» **EXERCISE GOAL**: Make your reply a word-for-word repeat of the records.
======== INPUT FOR THIS TASK ========
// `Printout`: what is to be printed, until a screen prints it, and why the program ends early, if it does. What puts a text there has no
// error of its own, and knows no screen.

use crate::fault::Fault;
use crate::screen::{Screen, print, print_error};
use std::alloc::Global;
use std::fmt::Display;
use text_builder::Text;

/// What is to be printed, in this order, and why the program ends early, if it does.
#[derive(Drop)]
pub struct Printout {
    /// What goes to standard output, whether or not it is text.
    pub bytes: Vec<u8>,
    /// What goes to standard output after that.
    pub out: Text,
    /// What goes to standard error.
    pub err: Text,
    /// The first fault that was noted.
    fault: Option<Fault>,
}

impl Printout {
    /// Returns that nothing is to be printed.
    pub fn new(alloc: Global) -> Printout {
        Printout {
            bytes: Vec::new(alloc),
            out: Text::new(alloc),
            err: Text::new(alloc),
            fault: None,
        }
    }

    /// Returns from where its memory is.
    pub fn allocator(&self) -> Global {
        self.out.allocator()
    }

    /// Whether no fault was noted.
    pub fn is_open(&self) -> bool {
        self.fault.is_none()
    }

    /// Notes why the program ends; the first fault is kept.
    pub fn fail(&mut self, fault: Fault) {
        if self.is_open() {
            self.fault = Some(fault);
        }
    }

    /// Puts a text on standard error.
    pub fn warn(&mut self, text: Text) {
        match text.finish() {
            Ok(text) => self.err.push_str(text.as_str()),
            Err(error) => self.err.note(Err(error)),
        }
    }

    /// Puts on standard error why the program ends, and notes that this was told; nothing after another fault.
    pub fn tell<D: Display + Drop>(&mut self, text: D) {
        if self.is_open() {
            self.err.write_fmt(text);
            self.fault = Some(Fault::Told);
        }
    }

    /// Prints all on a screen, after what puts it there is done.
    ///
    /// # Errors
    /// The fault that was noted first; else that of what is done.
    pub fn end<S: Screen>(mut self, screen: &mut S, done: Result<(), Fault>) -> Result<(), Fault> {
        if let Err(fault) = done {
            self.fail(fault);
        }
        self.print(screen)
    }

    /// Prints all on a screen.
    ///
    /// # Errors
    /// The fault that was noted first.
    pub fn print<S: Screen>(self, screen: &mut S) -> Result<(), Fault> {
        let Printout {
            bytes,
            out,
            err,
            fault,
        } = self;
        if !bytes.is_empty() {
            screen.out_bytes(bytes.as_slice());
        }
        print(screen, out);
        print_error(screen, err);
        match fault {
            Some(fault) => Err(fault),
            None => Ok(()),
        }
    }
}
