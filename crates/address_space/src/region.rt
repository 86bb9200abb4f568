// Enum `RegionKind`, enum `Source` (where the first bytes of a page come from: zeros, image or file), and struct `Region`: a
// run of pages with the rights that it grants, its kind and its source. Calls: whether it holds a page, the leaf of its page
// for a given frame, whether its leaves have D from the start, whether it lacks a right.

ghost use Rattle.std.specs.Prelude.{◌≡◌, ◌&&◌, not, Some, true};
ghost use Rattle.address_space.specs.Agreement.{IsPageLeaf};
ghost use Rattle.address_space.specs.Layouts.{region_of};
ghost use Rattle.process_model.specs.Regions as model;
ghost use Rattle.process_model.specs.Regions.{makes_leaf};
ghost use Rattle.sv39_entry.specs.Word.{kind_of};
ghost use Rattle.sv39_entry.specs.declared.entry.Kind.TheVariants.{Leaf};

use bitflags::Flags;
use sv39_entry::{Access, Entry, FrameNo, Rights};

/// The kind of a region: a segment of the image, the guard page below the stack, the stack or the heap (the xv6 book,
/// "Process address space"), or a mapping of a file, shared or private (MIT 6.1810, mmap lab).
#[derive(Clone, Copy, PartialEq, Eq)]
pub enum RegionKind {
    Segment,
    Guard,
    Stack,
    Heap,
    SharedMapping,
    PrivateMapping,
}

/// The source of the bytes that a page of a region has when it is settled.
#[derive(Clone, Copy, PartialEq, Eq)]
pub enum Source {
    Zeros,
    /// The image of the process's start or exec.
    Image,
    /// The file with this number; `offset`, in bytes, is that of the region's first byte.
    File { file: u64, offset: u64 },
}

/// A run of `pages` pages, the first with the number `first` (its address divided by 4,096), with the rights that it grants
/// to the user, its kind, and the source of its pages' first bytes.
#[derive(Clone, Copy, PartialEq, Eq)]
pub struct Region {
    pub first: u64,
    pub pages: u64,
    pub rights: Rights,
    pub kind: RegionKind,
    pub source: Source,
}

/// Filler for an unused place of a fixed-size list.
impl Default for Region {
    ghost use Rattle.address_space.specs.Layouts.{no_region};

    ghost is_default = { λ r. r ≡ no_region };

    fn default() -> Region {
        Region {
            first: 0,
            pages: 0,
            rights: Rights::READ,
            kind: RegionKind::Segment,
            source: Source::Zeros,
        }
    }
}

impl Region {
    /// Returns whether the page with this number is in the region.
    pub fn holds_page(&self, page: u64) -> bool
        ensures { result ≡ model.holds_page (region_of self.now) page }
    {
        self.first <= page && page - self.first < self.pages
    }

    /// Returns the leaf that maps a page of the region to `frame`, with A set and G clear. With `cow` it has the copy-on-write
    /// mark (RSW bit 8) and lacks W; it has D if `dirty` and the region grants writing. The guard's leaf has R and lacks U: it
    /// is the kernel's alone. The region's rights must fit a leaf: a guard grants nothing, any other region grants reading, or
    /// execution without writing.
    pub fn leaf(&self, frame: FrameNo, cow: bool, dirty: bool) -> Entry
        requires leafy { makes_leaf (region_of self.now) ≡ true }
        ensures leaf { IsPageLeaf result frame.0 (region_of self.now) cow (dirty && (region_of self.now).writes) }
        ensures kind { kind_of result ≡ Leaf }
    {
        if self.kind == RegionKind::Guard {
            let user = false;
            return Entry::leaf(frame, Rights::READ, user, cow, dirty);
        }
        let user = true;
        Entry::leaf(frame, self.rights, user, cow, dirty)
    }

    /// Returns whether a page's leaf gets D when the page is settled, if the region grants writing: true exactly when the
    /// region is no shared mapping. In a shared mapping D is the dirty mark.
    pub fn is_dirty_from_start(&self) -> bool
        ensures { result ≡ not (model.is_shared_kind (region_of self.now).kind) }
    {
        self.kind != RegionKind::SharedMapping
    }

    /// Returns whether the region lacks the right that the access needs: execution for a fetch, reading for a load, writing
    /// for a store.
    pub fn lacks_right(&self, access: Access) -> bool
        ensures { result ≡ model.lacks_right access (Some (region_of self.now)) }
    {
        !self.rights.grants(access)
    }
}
========
» **EXERCISE RESULT**:
// `Printout`: what is to be printed, until a screen prints it, and why the program ends early, if it does. What puts a text there has no
// error of its own, and knows no screen.

use crate::fault::Fault;
use crate::screen::{Screen, print, print_error};
use std::alloc::Global;
use std::fmt::Display;
use text_builder::Text;

/// What is to be printed, in this order, and why the program ends early, if it does.
#[derive(Drop)]
pub struct Printout {
    /// What goes to standard output, whether or not it is text.
    pub bytes: Vec<u8>,
    /// What goes to standard output after that.
    pub out: Text,
    /// What goes to standard error.
    pub err: Text,
    /// The first fault that was noted.
    fault: Option<Fault>,
}

impl Printout {
    /// Returns that nothing is to be printed.
    pub fn new(alloc: Global) -> Printout {
        Printout {
            bytes: Vec::new(alloc),
            out: Text::new(alloc),
            err: Text::new(alloc),
            fault: None,
        }
    }

    /// Returns from where its memory is.
    pub fn allocator(&self) -> Global {
        self.out.allocator()
    }

    /// Whether no fault was noted.
    pub fn is_open(&self) -> bool {
        self.fault.is_none()
    }

    /// Notes why the program ends; the first fault is kept.
    pub fn fail(&mut self, fault: Fault) {
        if self.is_open() {
            self.fault = Some(fault);
        }
    }

    /// Puts a text on standard error.
    pub fn warn(&mut self, text: Text) {
        match text.finish() {
            Ok(text) => self.err.push_str(text.as_str()),
            Err(error) => self.err.note(Err(error)),
        }
    }

    /// Puts on standard error why the program ends, and notes that this was told; nothing after another fault.
    pub fn tell<D: Display + Drop>(&mut self, text: D) {
        if self.is_open() {
            self.err.write_fmt(text);
            self.fault = Some(Fault::Told);
        }
    }

    /// Prints all on a screen, after what puts it there is done.
    ///
    /// # Errors
    /// The fault that was noted first; else that of what is done.
    pub fn end<S: Screen>(mut self, screen: &mut S, done: Result<(), Fault>) -> Result<(), Fault> {
        if let Err(fault) = done {
            self.fail(fault);
        }
        self.print(screen)
    }

    /// Prints all on a screen.
    ///
    /// # Errors
    /// The fault that was noted first.
    pub fn print<S: Screen>(self, screen: &mut S) -> Result<(), Fault> {
        let Printout {
            bytes,
            out,
            err,
            fault,
        } = self;
        if !bytes.is_empty() {
            screen.out_bytes(bytes.as_slice());
        }
        print(screen, out);
        print_error(screen, err);
        match fault {
            Some(fault) => Err(fault),
            None => Ok(()),
        }
    }
}
filename crates/address_space/src/region.rt
repository 86bb9200abb4f568
// Enum `RegionKind`, enum `Source` (where the first bytes of a page come from: zeros, image or file), and struct `Region`: a
// run of pages with the rights that it grants, its kind and its source. Calls: whether it holds a page, the leaf of its page
// for a given frame, whether its leaves have D from the start, whether it lacks a right.

ghost use Rattle.std.specs.Prelude.{◌≡◌, ◌&&◌, not, Some, true};
ghost use Rattle.address_space.specs.Agreement.{IsPageLeaf};
ghost use Rattle.address_space.specs.Layouts.{region_of};
ghost use Rattle.process_model.specs.Regions as model;
ghost use Rattle.process_model.specs.Regions.{makes_leaf};
ghost use Rattle.sv39_entry.specs.Word.{kind_of};
ghost use Rattle.sv39_entry.specs.declared.entry.Kind.TheVariants.{Leaf};

use bitflags::Flags;
use sv39_entry::{Access, Entry, FrameNo, Rights};

/// The kind of a region: a segment of the image, the guard page below the stack, the stack or the heap (the xv6 book,
/// "Process address space"), or a mapping of a file, shared or private (MIT 6.1810, mmap lab).
#[derive(Clone, Copy, PartialEq, Eq)]
pub enum RegionKind {
    Segment,
    Guard,
    Stack,
    Heap,
    SharedMapping,
    PrivateMapping,
}

/// The source of the bytes that a page of a region has when it is settled.
#[derive(Clone, Copy, PartialEq, Eq)]
pub enum Source {
    Zeros,
    /// The image of the process's start or exec.
    Image,
    /// The file with this number; `offset`, in bytes, is that of the region's first byte.
    File { file: u64, offset: u64 },
}

/// A run of `pages` pages, the first with the number `first` (its address divided by 4,096), with the rights that it grants
/// to the user, its kind, and the source of its pages' first bytes.
#[derive(Clone, Copy, PartialEq, Eq)]
pub struct Region {
    pub first: u64,
    pub pages: u64,
    pub rights: Rights,
    pub kind: RegionKind,
    pub source: Source,
}

/// Filler for an unused place of a fixed-size list.
impl Default for Region {
    ghost use Rattle.address_space.specs.Layouts.{no_region};

    ghost is_default = { λ r. r ≡ no_region };

    fn default() -> Region {
        Region {
            first: 0,
            pages: 0,
            rights: Rights::READ,
            kind: RegionKind::Segment,
            source: Source::Zeros,
        }
    }
}

impl Region {
    /// Returns whether the page with this number is in the region.
    pub fn holds_page(&self, page: u64) -> bool
        ensures { result ≡ model.holds_page (region_of self.now) page }
    {
        self.first <= page && page - self.first < self.pages
    }

    /// Returns the leaf that maps a page of the region to `frame`, with A set and G clear. With `cow` it has the copy-on-write
    /// mark (RSW bit 8) and lacks W; it has D if `dirty` and the region grants writing. The guard's leaf has R and lacks U: it
    /// is the kernel's alone. The region's rights must fit a leaf: a guard grants nothing, any other region grants reading, or
    /// execution without writing.
    pub fn leaf(&self, frame: FrameNo, cow: bool, dirty: bool) -> Entry
        requires leafy { makes_leaf (region_of self.now) ≡ true }
        ensures leaf { IsPageLeaf result frame.0 (region_of self.now) cow (dirty && (region_of self.now).writes) }
        ensures kind { kind_of result ≡ Leaf }
    {
        if self.kind == RegionKind::Guard {
            let user = false;
            return Entry::leaf(frame, Rights::READ, user, cow, dirty);
        }
        let user = true;
        Entry::leaf(frame, self.rights, user, cow, dirty)
    }

    /// Returns whether a page's leaf gets D when the page is settled, if the region grants writing: true exactly when the
    /// region is no shared mapping. In a shared mapping D is the dirty mark.
    pub fn is_dirty_from_start(&self) -> bool
        ensures { result ≡ not (model.is_shared_kind (region_of self.now).kind) }
    {
        self.kind != RegionKind::SharedMapping
    }

    /// Returns whether the region lacks the right that the access needs: execution for a fetch, reading for a load, writing
    /// for a store.
    pub fn lacks_right(&self, access: Access) -> bool
        ensures { result ≡ model.lacks_right access (Some (region_of self.now)) }
    {
        !self.rights.grants(access)
    }
}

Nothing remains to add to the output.